Explicit graphs also give up a certain kind of emergence. Implicit-graph fans often describe agent magic as self-directed control flow. True, and also exactly the property to avoid in accountable systems. Emergence and integrity sit on opposite ends of the determinism ladder. Pick the rung deliberately. The decision lever: every explicit edge turns one 4am race condition into a design-time debugging obligation.

Path A Fix

The Path A incident cost six hours of confused triage because every node passed its unit test. The Generator node correctly timed out and correctly fell back. The verifier panel correctly reached consensus on the input it received. The orchestrator correctly logged each transition. Every component was innocent. The system was guilty.

The fix was small and humbling. An ifElse now sits at the entry to the Generator node: when target_path == gold_standard_path, bypass the Generator entirely and route the gold-standard directly to the verifier panel. Fifteen lines of topology change.

An invariant now backs the topology too: verifiers must receive a payload with a generated_at timestamp from the current run. The invariant lives as a hard edge predicate, not a soft check inside a node. The lesson on the whiteboard afterward still holds: edges fail silently; make them speak.

Try this in an afternoon

In an afternoon: take any two-step LLM pipeline — say, a generator and a critic — and rewrite it twice. First, draw the graph by hand on paper, including every fallback, timeout edge, and retry. Second, implement it in LangGraph or a hand-rolled state machine where the topology is a serializable artifact. Now inject a timeout into the generator. Watch the edges. Note every unpredicted behavior. The gap is the real architecture.
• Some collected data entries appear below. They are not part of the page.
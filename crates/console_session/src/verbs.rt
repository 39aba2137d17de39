// The commands by their names.
ghost use Rattle.std.specs.Prelude.{◌≡◌, map};
ghost use Rattle.std.specs.Str.{str_eq_ignore_ascii_case};
ghost use Rattle.console_session.specs.Verbs.{named, verb_among, verb_of};

/// A command.
#[derive(Clone, Copy, Debug, PartialEq, Eq)]
pub enum Verb {
    File,
    Echo,
    Exec,
    Wait,
    Quit,
    Reserve,
    Video,
    Level,
    Report,
    Alias,
    Path,
    Flush,
    Sound,
    Model,
    Info,
    Dump,
    Wad,
    Pic,
    Map,
    Vis,
}

// Each command with its name. Those that scripts give most stand first, so that they are found soon.
static VERBS: [(&[u8], Verb); 20] = [
    (b"sound", Verb::Sound),
    (b"model", Verb::Model),
    (b"map", Verb::Map),
    (b"exec", Verb::Exec),
    (b"echo", Verb::Echo),
    (b"wait", Verb::Wait),
    (b"alias", Verb::Alias),
    (b"file", Verb::File),
    (b"info", Verb::Info),
    (b"report", Verb::Report),
    (b"reserve", Verb::Reserve),
    (b"video", Verb::Video),
    (b"level", Verb::Level),
    (b"path", Verb::Path),
    (b"flush", Verb::Flush),
    (b"wad", Verb::Wad),
    (b"pic", Verb::Pic),
    (b"vis", Verb::Vis),
    (b"dump", Verb::Dump),
    (b"quit", Verb::Quit),
];

// Whether the two are the same but for the case of their letters.
fn is_same(word: &[u8], name: &[u8]) -> bool
    ensures { result ≡ str_eq_ignore_ascii_case word.now name.now }
{
    word.len() == name.len() && word.eq_ignore_ascii_case(name)
}

// The first of these that a word names.
fn verb_among(mut verbs: &[(&[u8], Verb)], word: &[u8]) -> Option<Verb>
    ensures { result ≡ verb_among (map (λ n. named n.0.now n.1) verbs.entry.now) word.now }
{
    'verbs: while let [(name, verb), rest @ ..] = verbs {
        if is_same(word, name) {
            return Some(*verb);
        }
        verbs = rest;
    }
    None
}

/// The command that a word names, in any case.
pub fn find_verb(word: &[u8]) -> Option<Verb>
    ensures { result ≡ verb_of word.now }
{
    verb_among(&VERBS, word)
}
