// The cvars of a session, read and set between steps.
ghost use Rattle.std.specs.Prelude.{◌≡◌, ◌<◌, ◌^◌, true, None, Some, Ok, MatchOption, IfOk, IfSome, is_some, length};
ghost use Rattle.mem_model.specs.Laid.{Laid, IsText};
ghost use Rattle.res_table.specs.Held.{AreHeld};
ghost use Rattle.cvar_table.specs.Cvars.{cvar_of, cvar_value, OthersReadAlike};
ghost use Rattle.console_session.specs.Values.{SetsCvar};

use crate::session::Session;
use mem_model::{Store, ZoneError};
use outside_io::Folder;

impl<M: Store, F: Folder> Session<M, F> {
    /// The value of the cvar of exactly this name, without the zero that ends it: `None` exactly where none has the name.
    pub fn cvar(&self, name: &[u8]) -> Option<&[u8]>
        ensures value { MatchOption result (cvar_value self.now.state.memory self.now.state.cvars name.now ≡ None)
            (λ value. cvar_value self.now.state.memory self.now.state.cvars name.now ≡ Some value.now) }
        ensures text { IfSome result (λ value. IsText value.now) }
    {
        self.console.cvar(name)
    }

    /// Sets the cvar of exactly this name as the command `NAME VALUE` does, and answers whether there is one. Nothing is
    /// printed. The value has no zero byte.
    ///
    /// `Full` tells what the value's block needs where no free block of the zone holds it. It changes nothing but for the
    /// event, where events are kept, and want of memory changes nothing at all.
    pub fn set_cvar(&mut self, name: &[u8], value: &[u8]) -> Result<bool, ZoneError>
        requires text { IsText value.now }
        requires short { length value.now < 2 ^ 62 }
        ensures set { SetsCvar M.frugal name.now value.now self.old.state self.new.state result }
        ensures found { IfOk result (λ found. found ≡ is_some (cvar_of self.old.state.cvars name.now)) }
        ensures read_back { result ≡ Ok true →
            cvar_value self.new.state.memory self.new.state.cvars name.now ≡ Some value.now }
        ensures others { result ≡ Ok true → OthersReadAlike self.old.state.memory self.new.state.memory
            self.old.state.cvars self.new.state.cvars name.now }
        ensures laid { Laid self.new.state.memory }
        ensures resources { AreHeld self.new.state.path.mounts self.new.state.table self.new.state.memory }
        ensures rest { self.new ≡ record self.old { state = self.new.state } }
    {
        self.console.set_cvar(name, value)
    }
}
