// The memory of a session, between steps.
ghost use Rattle.std.specs.Prelude.{◌≡◌, ◌≤◌, ◌^◌, Some, IfOk, IsSome};
ghost use Rattle.std.specs.Borrow.{sem, Lends, u8 as byte, Array};
ghost use Rattle.mem_model.specs.Answer.{Answers, Gives};
ghost use Rattle.mem_model.specs.Hunk.{low_bytes, high_bytes, temp_bytes, without_temp};
ghost use Rattle.mem_model.specs.Hunk.{with_low_bytes, with_high_bytes, with_temp_bytes};
ghost use Rattle.mem_model.specs.Zone.{zone_bytes, with_zone_bytes};
ghost use Rattle.mem_model.specs.Laid.{Laid, IsText};
ghost use Rattle.mem_model.specs.Operations.{low_alloc, high_alloc, high_mark, high_free, temp_alloc, z_alloc, z_free};
ghost use Rattle.mem_model.specs.Told.{room_answer, zone_answer, free_answer, mark_answer};
ghost use Rattle.res_table.specs.Held.{AreHeld};
ghost use Rattle.console_session.specs.Hosts.{with_memory, HasNoResource, HasNoValue, freed_low};
ghost use Rattle.console_session.specs.contracts.session.Session.{the_row as session_row};

use crate::session::Session;
use mem_model::{BadMark, FreeError, Place, RoomError, Store, ZoneError};
use outside_io::Folder;

// A caller keeps blocks of its own in the session's arena. Blocks in which a resource, a cvar or an alias is are out of its
// reach, and the cache has users for resources alone.
impl<M: Store, F: Folder> Session<M, F> {
    /// `low_alloc` of the store. No resource is in the new block.
    pub fn low_alloc(&mut self, size: u64, name: &[u8]) -> Result<Place, RoomError>
        requires size { size ≤ 2 ^ 62 }
        requires name { IsText name.now }
        ensures gives { Gives (low_alloc self.old.state.memory size name.now) M.frugal self.old.state.memory
            (room_answer result) self.new.state.memory }
        ensures own { IfOk result (λ place. HasNoResource self.new.state place.0) }
        ensures rest { self.new ≡ with_memory self.old self.new.state.memory }
        ensures was_laid { Laid self.old.state.memory }
        ensures laid { Laid self.new.state.memory }
        ensures resources { AreHeld self.new.state.path.mounts self.new.state.table self.new.state.memory }
    {
        self.console.low_alloc(size, name)
    }

    /// `high_alloc` of the store. The command `video` frees the whole high hunk.
    pub fn high_alloc(&mut self, size: u64, name: &[u8]) -> Result<Place, RoomError>
        requires size { size ≤ 2 ^ 62 }
        requires name { IsText name.now }
        ensures gives { Gives (high_alloc self.old.state.memory size name.now) M.frugal
            (without_temp self.old.state.memory) (room_answer result) self.new.state.memory }
        ensures rest { self.new ≡ with_memory self.old self.new.state.memory }
        ensures was_laid { Laid self.old.state.memory }
        ensures laid { Laid self.new.state.memory }
        ensures resources { AreHeld self.new.state.path.mounts self.new.state.table self.new.state.memory }
    {
        self.console.high_alloc(size, name)
    }

    /// `high_mark` of the store.
    pub fn high_mark(&mut self) -> u32
        ensures gives { Answers (high_mark self.old.state.memory) result self.new.state.memory }
        ensures rest { self.new ≡ with_memory self.old self.new.state.memory }
        ensures laid { Laid self.new.state.memory }
        ensures resources { AreHeld self.new.state.path.mounts self.new.state.table self.new.state.memory }
    {
        self.console.high_mark()
    }

    /// `high_free` of the store.
    pub fn high_free(&mut self, mark: u32) -> Result<(), BadMark>
        ensures gives { Answers (high_free self.old.state.memory mark) (mark_answer result) self.new.state.memory }
        ensures rest { self.new ≡ with_memory self.old self.new.state.memory }
        ensures laid { Laid self.new.state.memory }
        ensures resources { AreHeld self.new.state.path.mounts self.new.state.table self.new.state.memory }
    {
        self.console.high_free(mark)
    }

    /// `temp_alloc` of the store. A command that loads a file takes the temporary block.
    pub fn temp_alloc(&mut self, size: u64) -> Result<Place, RoomError>
        requires size { size ≤ 2 ^ 62 }
        ensures gives { Gives (temp_alloc self.old.state.memory size) M.frugal
            (without_temp self.old.state.memory) (room_answer result) self.new.state.memory }
        ensures rest { self.new ≡ with_memory self.old self.new.state.memory }
        ensures was_laid { Laid self.old.state.memory }
        ensures laid { Laid self.new.state.memory }
        ensures resources { AreHeld self.new.state.path.mounts self.new.state.table self.new.state.memory }
    {
        self.console.temp_alloc(size)
    }

    /// `z_alloc` of the store. The new block is neither a cvar's nor an alias's.
    pub fn z_alloc(&mut self, size: u64) -> Result<Place, ZoneError>
        requires size { size ≤ 2 ^ 62 }
        ensures gives { Gives (z_alloc self.old.state.memory size) M.frugal self.old.state.memory
            (zone_answer result) self.new.state.memory }
        ensures own { IfOk result (λ place. HasNoValue self.new.state place.0) }
        ensures rest { self.new ≡ with_memory self.old self.new.state.memory }
        ensures was_laid { Laid self.old.state.memory }
        ensures laid { Laid self.new.state.memory }
        ensures resources { AreHeld self.new.state.path.mounts self.new.state.table self.new.state.memory }
    {
        self.console.z_alloc(size)
    }

    /// `z_free` of the store, of a block that is neither a cvar's nor an alias's.
    pub fn z_free(&mut self, place: Place) -> Result<(), FreeError>
        requires own { HasNoValue self.old.state place.0 }
        ensures gives { Answers (z_free self.old.state.memory place.0) (free_answer result) self.new.state.memory }
        ensures rest { self.new ≡ with_memory self.old self.new.state.memory }
        ensures laid { Laid self.new.state.memory }
        ensures resources { AreHeld self.new.state.path.mounts self.new.state.table self.new.state.memory }
    {
        self.console.z_free(place)
    }

    /// Frees the blocks of the low hunk above a mark, and forgets the resources that lay there.
    ///
    /// A mark below the host level is a `BadMark` as those are that `low_free` of the store refuses; then all is as before.
    pub fn low_free(&mut self, mark: u32) -> Result<(), BadMark>
        ensures freed { (mark_answer result, self.new.state) ≡ freed_low mark self.old.state }
        ensures rest { self.new ≡ record self.old { state = self.new.state } }
        ensures laid { Laid self.new.state.memory }
        ensures resources { AreHeld self.new.state.path.mounts self.new.state.table self.new.state.memory }
    {
        self.console.low_free(mark)
    }

    /// The bytes of a low block above the zone in which no resource is, to be written.
    pub fn low_bytes_mut(&mut self, place: Place) -> &mut [u8]
        requires there { IsSome (low_bytes self.old.state.memory place.0) }
        requires own { HasNoResource self.old.state place.0 }
        ensures* writes_back { sem 𝓛 (Lends (session_row M.row F.row M.Store F.Folder) (Array byte 0) self.entry result
            (λ bytes. with_memory self.old (with_low_bytes self.old.state.memory place.0 bytes))) }
        ensures shows { low_bytes self.old.state.memory place.0 ≡ Some result.now }
    {
        self.console.low_bytes_mut(place)
    }

    /// The bytes of a high block, or of the active temporary block at its place, to be written.
    pub fn high_bytes_mut(&mut self, place: Place) -> &mut [u8]
        requires there { IsSome (high_bytes self.old.state.memory place.0) }
        ensures* writes_back { sem 𝓛 (Lends (session_row M.row F.row M.Store F.Folder) (Array byte 0) self.entry result
            (λ bytes. with_memory self.old (with_high_bytes self.old.state.memory place.0 bytes))) }
        ensures shows { high_bytes self.old.state.memory place.0 ≡ Some result.now }
    {
        self.console.high_bytes_mut(place)
    }

    /// The bytes of the active temporary block, to be written.
    pub fn temp_bytes_mut(&mut self) -> &mut [u8]
        requires there { IsSome (temp_bytes self.old.state.memory) }
        ensures* writes_back { sem 𝓛 (Lends (session_row M.row F.row M.Store F.Folder) (Array byte 0) self.entry result
            (λ bytes. with_memory self.old (with_temp_bytes self.old.state.memory bytes))) }
        ensures shows { temp_bytes self.old.state.memory ≡ Some result.now }
    {
        self.console.temp_bytes_mut()
    }

    /// The bytes of a used block of the zone that is neither a cvar's nor an alias's, to be written.
    pub fn zone_bytes_mut(&mut self, place: Place) -> &mut [u8]
        requires there { IsSome (zone_bytes self.old.state.memory place.0) }
        requires own { HasNoValue self.old.state place.0 }
        ensures* writes_back { sem 𝓛 (Lends (session_row M.row F.row M.Store F.Folder) (Array byte 0) self.entry result
            (λ bytes. with_memory self.old (with_zone_bytes self.old.state.memory place.0 bytes))) }
        ensures shows { zone_bytes self.old.state.memory place.0 ≡ Some result.now }
    {
        self.console.zone_bytes_mut(place)
    }
}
Where orchestration earns its keep on the ladder

The determinism ladder is a discipline of pushing work down the stack. Graph-constrained execution is the rung where orchestration earns its keep. Below it, the model does only model-shaped work. Above it, skills and agents trust the topology to hold. When the graph is explicit, every node above can assume integrity without re-verifying it. The bargain of architecture: someone took the race condition seriously before the incident required it.